'''
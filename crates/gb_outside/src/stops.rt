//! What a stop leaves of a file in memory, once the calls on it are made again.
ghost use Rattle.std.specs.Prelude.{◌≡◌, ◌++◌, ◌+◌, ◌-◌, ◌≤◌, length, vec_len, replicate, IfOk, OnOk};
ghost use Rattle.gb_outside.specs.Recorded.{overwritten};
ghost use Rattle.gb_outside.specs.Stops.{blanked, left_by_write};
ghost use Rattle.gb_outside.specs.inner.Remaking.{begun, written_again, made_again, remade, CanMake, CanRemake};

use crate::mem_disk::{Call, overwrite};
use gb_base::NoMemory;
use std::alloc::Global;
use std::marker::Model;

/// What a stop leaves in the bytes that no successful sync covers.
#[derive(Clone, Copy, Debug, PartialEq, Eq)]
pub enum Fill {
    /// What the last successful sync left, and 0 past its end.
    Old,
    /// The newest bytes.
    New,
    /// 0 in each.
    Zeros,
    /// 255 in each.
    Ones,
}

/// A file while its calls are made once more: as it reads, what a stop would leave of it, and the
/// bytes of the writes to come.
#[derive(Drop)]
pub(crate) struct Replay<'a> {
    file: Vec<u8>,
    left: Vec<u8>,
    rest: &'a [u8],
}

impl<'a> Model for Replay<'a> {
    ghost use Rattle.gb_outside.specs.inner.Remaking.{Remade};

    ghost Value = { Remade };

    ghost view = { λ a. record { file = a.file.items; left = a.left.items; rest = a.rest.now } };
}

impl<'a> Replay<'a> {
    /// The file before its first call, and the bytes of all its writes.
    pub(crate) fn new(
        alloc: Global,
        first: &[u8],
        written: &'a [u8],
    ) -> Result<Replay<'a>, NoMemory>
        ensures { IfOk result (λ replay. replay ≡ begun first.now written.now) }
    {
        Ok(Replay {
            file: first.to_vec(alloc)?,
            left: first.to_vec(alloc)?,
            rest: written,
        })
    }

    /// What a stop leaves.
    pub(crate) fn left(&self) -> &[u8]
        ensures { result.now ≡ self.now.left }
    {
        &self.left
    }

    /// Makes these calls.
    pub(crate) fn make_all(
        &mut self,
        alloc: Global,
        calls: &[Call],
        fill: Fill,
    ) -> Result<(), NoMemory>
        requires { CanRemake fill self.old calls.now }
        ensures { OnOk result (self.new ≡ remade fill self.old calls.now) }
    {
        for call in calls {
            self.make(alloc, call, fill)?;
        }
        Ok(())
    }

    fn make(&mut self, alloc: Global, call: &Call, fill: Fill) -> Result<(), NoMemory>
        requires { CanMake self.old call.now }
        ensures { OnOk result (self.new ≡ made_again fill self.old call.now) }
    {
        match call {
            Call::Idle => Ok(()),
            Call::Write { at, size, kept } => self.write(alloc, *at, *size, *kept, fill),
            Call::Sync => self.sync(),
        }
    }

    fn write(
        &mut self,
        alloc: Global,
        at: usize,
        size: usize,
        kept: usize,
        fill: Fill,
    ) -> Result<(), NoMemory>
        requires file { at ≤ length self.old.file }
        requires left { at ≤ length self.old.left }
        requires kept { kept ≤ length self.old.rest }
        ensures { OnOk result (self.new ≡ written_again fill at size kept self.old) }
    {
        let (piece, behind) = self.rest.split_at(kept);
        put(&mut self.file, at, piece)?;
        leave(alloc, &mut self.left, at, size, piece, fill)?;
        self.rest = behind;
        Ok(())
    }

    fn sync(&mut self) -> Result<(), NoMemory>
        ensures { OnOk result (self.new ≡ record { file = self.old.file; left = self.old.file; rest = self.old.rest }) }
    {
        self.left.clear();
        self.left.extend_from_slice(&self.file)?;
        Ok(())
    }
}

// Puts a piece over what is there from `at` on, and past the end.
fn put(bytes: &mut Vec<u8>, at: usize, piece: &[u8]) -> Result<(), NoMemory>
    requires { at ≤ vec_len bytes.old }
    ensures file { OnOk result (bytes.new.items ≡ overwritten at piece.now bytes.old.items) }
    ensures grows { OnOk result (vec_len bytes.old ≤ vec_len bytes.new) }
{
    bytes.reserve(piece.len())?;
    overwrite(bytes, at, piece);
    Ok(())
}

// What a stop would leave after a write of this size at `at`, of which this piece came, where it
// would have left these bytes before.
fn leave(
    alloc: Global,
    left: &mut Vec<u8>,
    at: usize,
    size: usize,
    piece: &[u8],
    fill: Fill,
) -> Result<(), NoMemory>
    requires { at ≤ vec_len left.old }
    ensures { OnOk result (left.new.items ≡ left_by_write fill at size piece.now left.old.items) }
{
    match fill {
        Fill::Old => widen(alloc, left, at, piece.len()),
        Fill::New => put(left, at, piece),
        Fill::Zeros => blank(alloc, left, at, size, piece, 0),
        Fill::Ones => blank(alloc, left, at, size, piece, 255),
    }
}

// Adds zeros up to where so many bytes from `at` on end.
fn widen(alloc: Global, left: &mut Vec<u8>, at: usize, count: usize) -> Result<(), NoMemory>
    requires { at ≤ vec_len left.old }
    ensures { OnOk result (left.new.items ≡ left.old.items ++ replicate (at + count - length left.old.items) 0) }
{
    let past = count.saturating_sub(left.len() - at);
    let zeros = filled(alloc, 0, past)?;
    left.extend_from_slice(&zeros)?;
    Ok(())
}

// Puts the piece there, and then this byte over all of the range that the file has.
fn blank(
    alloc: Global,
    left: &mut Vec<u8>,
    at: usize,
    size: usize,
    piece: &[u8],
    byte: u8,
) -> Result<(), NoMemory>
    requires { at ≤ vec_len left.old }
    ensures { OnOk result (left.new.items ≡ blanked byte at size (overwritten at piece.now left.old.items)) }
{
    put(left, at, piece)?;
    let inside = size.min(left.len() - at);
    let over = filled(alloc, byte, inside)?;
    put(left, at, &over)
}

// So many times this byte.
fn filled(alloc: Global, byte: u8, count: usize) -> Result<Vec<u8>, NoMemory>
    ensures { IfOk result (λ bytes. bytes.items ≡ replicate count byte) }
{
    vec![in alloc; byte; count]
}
'''
The full listing above should be retyped without any alteration.

filename crates/gb_outside/src/stops.rt
//! What a stop leaves of a file in memory, once the calls on it are made again.
ghost use Rattle.std.specs.Prelude.{◌≡◌, ◌++◌, ◌+◌, ◌-◌, ◌≤◌, length, vec_len, replicate, IfOk, OnOk};
ghost use Rattle.gb_outside.specs.Recorded.{overwritten};
ghost use Rattle.gb_outside.specs.Stops.{blanked, left_by_write};
ghost use Rattle.gb_outside.specs.inner.Remaking.{begun, written_again, made_again, remade, CanMake, CanRemake};

use crate::mem_disk::{Call, overwrite};
use gb_base::NoMemory;
use std::alloc::Global;
use std::marker::Model;

/// What a stop leaves in the bytes that no successful sync covers.
#[derive(Clone, Copy, Debug, PartialEq, Eq)]
pub enum Fill {
    /// What the last successful sync left, and 0 past its end.
    Old,
    /// The newest bytes.
    New,
    /// 0 in each.
    Zeros,
    /// 255 in each.
    Ones,
}

/// A file while its calls are made once more: as it reads, what a stop would leave of it, and the
/// bytes of the writes to come.
#[derive(Drop)]
pub(crate) struct Replay<'a> {
    file: Vec<u8>,
    left: Vec<u8>,
    rest: &'a [u8],
}

impl<'a> Model for Replay<'a> {
    ghost use Rattle.gb_outside.specs.inner.Remaking.{Remade};

    ghost Value = { Remade };

    ghost view = { λ a. record { file = a.file.items; left = a.left.items; rest = a.rest.now } };
}

impl<'a> Replay<'a> {
    /// The file before its first call, and the bytes of all its writes.
    pub(crate) fn new(
        alloc: Global,
        first: &[u8],
        written: &'a [u8],
    ) -> Result<Replay<'a>, NoMemory>
        ensures { IfOk result (λ replay. replay ≡ begun first.now written.now) }
    {
        Ok(Replay {
            file: first.to_vec(alloc)?,
            left: first.to_vec(alloc)?,
            rest: written,
        })
    }

    /// What a stop leaves.
    pub(crate) fn left(&self) -> &[u8]
        ensures { result.now ≡ self.now.left }
    {
        &self.left
    }

    /// Makes these calls.
    pub(crate) fn make_all(
        &mut self,
        alloc: Global,
        calls: &[Call],
        fill: Fill,
    ) -> Result<(), NoMemory>
        requires { CanRemake fill self.old calls.now }
        ensures { OnOk result (self.new ≡ remade fill self.old calls.now) }
    {
        for call in calls {
            self.make(alloc, call, fill)?;
        }
        Ok(())
    }

    fn make(&mut self, alloc: Global, call: &Call, fill: Fill) -> Result<(), NoMemory>
        requires { CanMake self.old call.now }
        ensures { OnOk result (self.new ≡ made_again fill self.old call.now) }
    {
        match call {
            Call::Idle => Ok(()),
            Call::Write { at, size, kept } => self.write(alloc, *at, *size, *kept, fill),
            Call::Sync => self.sync(),
        }
    }

    fn write(
        &mut self,
        alloc: Global,
        at: usize,
        size: usize,
        kept: usize,
        fill: Fill,
    ) -> Result<(), NoMemory>
        requires file { at ≤ length self.old.file }
        requires left { at ≤ length self.old.left }
        requires kept { kept ≤ length self.old.rest }
        ensures { OnOk result (self.new ≡ written_again fill at size kept self.old) }
    {
        let (piece, behind) = self.rest.split_at(kept);
        put(&mut self.file, at, piece)?;
        leave(alloc, &mut self.left, at, size, piece, fill)?;
        self.rest = behind;
        Ok(())
    }

    fn sync(&mut self) -> Result<(), NoMemory>
        ensures { OnOk result (self.new ≡ record { file = self.old.file; left = self.old.file; rest = self.old.rest }) }
    {
        self.left.clear();
        self.left.extend_from_slice(&self.file)?;
        Ok(())
    }
}

// Puts a piece over what is there from `at` on, and past the end.
fn put(bytes: &mut Vec<u8>, at: usize, piece: &[u8]) -> Result<(), NoMemory>
    requires { at ≤ vec_len bytes.old }
    ensures file { OnOk result (bytes.new.items ≡ overwritten at piece.now bytes.old.items) }
    ensures grows { OnOk result (vec_len bytes.old ≤ vec_len bytes.new) }
{
    bytes.reserve(piece.len())?;
    overwrite(bytes, at, piece);
    Ok(())
}

// What a stop would leave after a write of this size at `at`, of which this piece came, where it
// would have left these bytes before.
fn leave(
    alloc: Global,
    left: &mut Vec<u8>,
    at: usize,
    size: usize,
    piece: &[u8],
    fill: Fill,
) -> Result<(), NoMemory>
    requires { at ≤ vec_len left.old }
    ensures { OnOk result (left.new.items ≡ left_by_write fill at size piece.now left.old.items) }
{
    match fill {
        Fill::Old => widen(alloc, left, at, piece.len()),
        Fill::New => put(left, at, piece),
        Fill::Zeros => blank(alloc, left, at, size, piece, 0),
        Fill::Ones => blank(alloc, left, at, size, piece, 255),
    }
}

// Adds zeros up to where so many bytes from `at` on end.
fn widen(alloc: Global, left: &mut Vec<u8>, at: usize, count: usize) -> Result<(), NoMemory>
    requires { at ≤ vec_len left.old }
    ensures { OnOk result (left.new.items ≡ left.old.items ++ replicate (at + count - length left.old.items) 0) }
{
    let past = count.saturating_sub(left.len() - at);
    let zeros = filled(alloc, 0, past)?;
    left.extend_from_slice(&zeros)?;
    Ok(())
}

// Puts the piece there, and then this byte over all of the range that the file has.
fn blank(
    alloc: Global,
    left: &mut Vec<u8>,
    at: usize,
    size: usize,
    piece: &[u8],
    byte: u8,
) -> Result<(), NoMemory>
    requires { at ≤ vec_len left.old }
    ensures { OnOk result (left.new.items ≡ blanked byte at size (overwritten at piece.now left.old.items)) }
{
    put(left, at, piece)?;
    let inside = size.min(left.len() - at);
    let over = filled(alloc, byte, inside)?;
    put(left, at, &over)
}

// So many times this byte.
fn filled(alloc: Global, byte: u8, count: usize) -> Result<Vec<u8>, NoMemory>
    ensures { IfOk result (λ bytes. bytes.items ≡ replicate count byte) }
{
    vec![in alloc; byte; count]
}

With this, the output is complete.